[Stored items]
☆ ☆ ☆

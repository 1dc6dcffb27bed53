//! Places of items: a bundle, and the item's path in it.
ghost use Rattle.std.specs.Prelude.{◌≡◌, ℕ, List, IfSome};
ghost use Rattle.std.specs.Bool.{OnTrue};
ghost use Rattle.rb_fallback.specs.Answers.{hit_of};
ghost use Rattle.rb_views.specs.Seen.{tree_seen, units_seen};
ghost use Rattle.rb_engine.specs.inner.KeptItems.{IsAtSpot};
ghost use Rattle.rb_packages.specs.Lent.{files_in};
ghost use Rattle.rb_packages.specs.Packages.{files_of, icudata_files, icudata_of, list_of};
ghost use Rattle.rb_packages.specs.Shelf.{bundle_at};
ghost use Rattle.rb_parents.specs.Family.{parent_of};
ghost use Rattle.rb_fallback.specs.Search.{Hit};
ghost use Rattle.rb_engine.specs.Answer.{Finds, lookup_in};

use crate::engine::look_in;
use crate::kept_path::KeptPath;
use crate::place::Place;
use rb_fallback::{Found, Visit, Watch};
use rb_locales::Name;
use rb_packages::{AppShelf, BundleHint, Packages};
use rb_parents::{Next, Parents};
use rb_tree::{Ending, Node, walk};
use rb_views::{Item, Units};

/// A place where a lookup ended. It is plain data, and means nothing once a bundle has changed.
#[derive(Clone, Copy)]
pub(crate) struct Spot {
    /// True if the item is in a bundle of ICUDATA, and not of the application.
    pub(crate) icudata: bool,
    /// The index of the application then.
    pub(crate) app: usize,
    /// The index of the bundle with the item.
    pub(crate) actual: usize,
    /// The index of the application's bundle that is the first stop.
    pub(crate) valid: usize,
    /// The path of the item in its bundle.
    pub(crate) path: KeptPath,
}

impl Spot {
    /// Finds the item that is there now, among the bundles of the application or of ICUDATA.
    pub(crate) fn find<'a>(&self, own: AppShelf<'a>, icu: AppShelf<'a>) -> Option<Found<Item<'a>>>
        ensures { IfSome result (λ f. IsAtSpot self.now (files_in own.entry) (files_in icu.entry)
            (hit_of tree_seen f) f.valid) }
    {
        let shelf = if self.icudata { icu } else { own };
        let root = shelf.root_at(self.actual)?;
        let Ending::End(node) = walk(root.item(), self.path.as_slice()) else {
            return None;
        };
        let actual = shelf.name_at(self.actual)?;
        let valid = own.name_at(self.valid)?;
        Some(Found {
            node,
            actual,
            valid,
        })
    }
}

/// The most units of a text that is kept.
const TEXT_ROOM: usize = 1024;

/// Returns true if an item is a String that is short enough to be kept.
pub(crate) fn is_short_text(item: Item<'_>) -> bool {
    match item.text() {
        Some(units) => units.len() <= TEXT_ROOM,
        None => false,
    }
}

fn same_units(a: Units<'_>, b: Units<'_>) -> bool
    ensures { OnTrue result (units_seen a.entry ≡ units_seen b.entry) }
{
    let len = a.len();
    if len != b.len() || len > TEXT_ROOM {
        return false;
    }
    for i in 0..len {
        if a.at(i) != b.at(i) {
            return false;
        }
    }
    true
}

/// Returns true only if both items are Strings of the same short text.
pub(crate) fn is_same_text(a: Item<'_>, b: Item<'_>) -> bool
    ensures { OnTrue result (tree_seen a.entry ≡ tree_seen b.entry) }
{
    match (a.text(), b.text()) {
        (Some(a), Some(b)) => same_units(a, b),
        _ => false,
    }
}

/// Notes where the last level of a search begins.
#[derive(Drop)]
struct LastLevel {
    icudata: bool,
    path: Option<KeptPath>,
}

impl Watch for LastLevel {
    fn level(&mut self, _number: u16, icudata: bool, _name: &Name, path: &[u8]) {
        self.icudata = icudata;
        self.path = KeptPath::of(path);
    }

    fn name<N: Node>(&mut self, _name: &Name, _path: &[u8], _visit: Visit<N>, _next: &Next) {}

    fn alias<N: Node>(&mut self, _node: N, _actual: &Name) {}

    fn long_path<N: Node>(
        &mut self,
        _icudata: bool,
        _name: &Name,
        _node: N,
        _at: usize,
        _rest: &[u8],
    ) {}
}

/// Finds where a lookup ends, or returns `None` if it finds no short text. What an observer noted
/// is taken only if the same text is there.
pub(crate) fn spot_of(
    packages: &Packages,
    parents: &Parents,
    place: &Place,
    path: &KeptPath,
) -> Option<Spot>
    ensures { IfSome result (λ spot. (hit : Hit) → (valid : List ℕ)
        → IsAtSpot spot (files_of place.now.app packages.now) (icudata_files packages.now) hit valid
        → lookup_in (bundle_at (list_of place.now.app packages.now))
        (bundle_at (icudata_of packages.now)) (parent_of parents.now) place.now.name path.now
        ≡ Finds hit valid) }
{
    let mut last = LastLevel {
        icudata: false,
        path: None,
    };
    let hint = BundleHint::NONE;
    let Ok(found) = look_in(packages, parents, place, hint, path.as_slice(), &mut last) else {
        return None;
    };
    let own = packages.shelf(&place.app);
    let icu = packages.icu_shelf();
    let shelf = if last.icudata { icu } else { own };
    let spot = Spot {
        icudata: last.icudata,
        app: packages.app_index(&place.app)?,
        actual: shelf.index_of(&found.actual)?,
        valid: own.index_of(&found.valid)?,
        path: last.path?,
    };
    match spot.find(own, icu) {
        Some(there) if is_same_found(&there, &found) => Some(spot),
        _ => None,
    }
}

fn is_same_found(a: &Found<Item<'_>>, b: &Found<Item<'_>>) -> bool
    ensures { OnTrue result ((hit_of tree_seen a.now ≡ hit_of tree_seen b.now)
        × (a.now.valid ≡ b.now.valid)) }
{
    a.actual == b.actual && a.valid == b.valid && is_same_text(a.node, b.node)
}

☆ ☆ ☆

*To do*
Above are the records; retype every one exactly.

*Result for this task*
repository 1dc6dcffb27bed53
//! Places of items: a bundle, and the item's path in it.
ghost use Rattle.std.specs.Prelude.{◌≡◌, ℕ, List, IfSome};
ghost use Rattle.std.specs.Bool.{OnTrue};
ghost use Rattle.rb_fallback.specs.Answers.{hit_of};
ghost use Rattle.rb_views.specs.Seen.{tree_seen, units_seen};
ghost use Rattle.rb_engine.specs.inner.KeptItems.{IsAtSpot};
ghost use Rattle.rb_packages.specs.Lent.{files_in};
ghost use Rattle.rb_packages.specs.Packages.{files_of, icudata_files, icudata_of, list_of};
ghost use Rattle.rb_packages.specs.Shelf.{bundle_at};
ghost use Rattle.rb_parents.specs.Family.{parent_of};
ghost use Rattle.rb_fallback.specs.Search.{Hit};
ghost use Rattle.rb_engine.specs.Answer.{Finds, lookup_in};

use crate::engine::look_in;
use crate::kept_path::KeptPath;
use crate::place::Place;
use rb_fallback::{Found, Visit, Watch};
use rb_locales::Name;
use rb_packages::{AppShelf, BundleHint, Packages};
use rb_parents::{Next, Parents};
use rb_tree::{Ending, Node, walk};
use rb_views::{Item, Units};

/// A place where a lookup ended. It is plain data, and means nothing once a bundle has changed.
#[derive(Clone, Copy)]
pub(crate) struct Spot {
    /// True if the item is in a bundle of ICUDATA, and not of the application.
    pub(crate) icudata: bool,
    /// The index of the application then.
    pub(crate) app: usize,
    /// The index of the bundle with the item.
    pub(crate) actual: usize,
    /// The index of the application's bundle that is the first stop.
    pub(crate) valid: usize,
    /// The path of the item in its bundle.
    pub(crate) path: KeptPath,
}

impl Spot {
    /// Finds the item that is there now, among the bundles of the application or of ICUDATA.
    pub(crate) fn find<'a>(&self, own: AppShelf<'a>, icu: AppShelf<'a>) -> Option<Found<Item<'a>>>
        ensures { IfSome result (λ f. IsAtSpot self.now (files_in own.entry) (files_in icu.entry)
            (hit_of tree_seen f) f.valid) }
    {
        let shelf = if self.icudata { icu } else { own };
        let root = shelf.root_at(self.actual)?;
        let Ending::End(node) = walk(root.item(), self.path.as_slice()) else {
            return None;
        };
        let actual = shelf.name_at(self.actual)?;
        let valid = own.name_at(self.valid)?;
        Some(Found {
            node,
            actual,
            valid,
        })
    }
}

/// The most units of a text that is kept.
const TEXT_ROOM: usize = 1024;

/// Returns true if an item is a String that is short enough to be kept.
pub(crate) fn is_short_text(item: Item<'_>) -> bool {
    match item.text() {
        Some(units) => units.len() <= TEXT_ROOM,
        None => false,
    }
}

fn same_units(a: Units<'_>, b: Units<'_>) -> bool
    ensures { OnTrue result (units_seen a.entry ≡ units_seen b.entry) }
{
    let len = a.len();
    if len != b.len() || len > TEXT_ROOM {
        return false;
    }
    for i in 0..len {
        if a.at(i) != b.at(i) {
            return false;
        }
    }
    true
}

/// Returns true only if both items are Strings of the same short text.
pub(crate) fn is_same_text(a: Item<'_>, b: Item<'_>) -> bool
    ensures { OnTrue result (tree_seen a.entry ≡ tree_seen b.entry) }
{
    match (a.text(), b.text()) {
        (Some(a), Some(b)) => same_units(a, b),
        _ => false,
    }
}

/// Notes where the last level of a search begins.
#[derive(Drop)]
struct LastLevel {
    icudata: bool,
    path: Option<KeptPath>,
}

impl Watch for LastLevel {
    fn level(&mut self, _number: u16, icudata: bool, _name: &Name, path: &[u8]) {
        self.icudata = icudata;
        self.path = KeptPath::of(path);
    }

    fn name<N: Node>(&mut self, _name: &Name, _path: &[u8], _visit: Visit<N>, _next: &Next) {}

    fn alias<N: Node>(&mut self, _node: N, _actual: &Name) {}

    fn long_path<N: Node>(
        &mut self,
        _icudata: bool,
        _name: &Name,
        _node: N,
        _at: usize,
        _rest: &[u8],
    ) {}
}

/// Finds where a lookup ends, or returns `None` if it finds no short text. What an observer noted
/// is taken only if the same text is there.
pub(crate) fn spot_of(
    packages: &Packages,
    parents: &Parents,
    place: &Place,
    path: &KeptPath,
) -> Option<Spot>
    ensures { IfSome result (λ spot. (hit : Hit) → (valid : List ℕ)
        → IsAtSpot spot (files_of place.now.app packages.now) (icudata_files packages.now) hit valid
        → lookup_in (bundle_at (list_of place.now.app packages.now))
        (bundle_at (icudata_of packages.now)) (parent_of parents.now) place.now.name path.now
        ≡ Finds hit valid) }
{
    let mut last = LastLevel {
        icudata: false,
        path: None,
    };
    let hint = BundleHint::NONE;
    let Ok(found) = look_in(packages, parents, place, hint, path.as_slice(), &mut last) else {
        return None;
    };
    let own = packages.shelf(&place.app);
    let icu = packages.icu_shelf();
    let shelf = if last.icudata { icu } else { own };
    let spot = Spot {
        icudata: last.icudata,
        app: packages.app_index(&place.app)?,
        actual: shelf.index_of(&found.actual)?,
        valid: own.index_of(&found.valid)?,
        path: last.path?,
    };
    match spot.find(own, icu) {
        Some(there) if is_same_found(&there, &found) => Some(spot),
        _ => None,
    }
}

fn is_same_found(a: &Found<Item<'_>>, b: &Found<Item<'_>>) -> bool
    ensures { OnTrue result ((hit_of tree_seen a.now ≡ hit_of tree_seen b.now)
        × (a.now.valid ≡ b.now.valid)) }
{
    a.actual == b.actual && a.valid == b.valid && is_same_text(a.node, b.node)
}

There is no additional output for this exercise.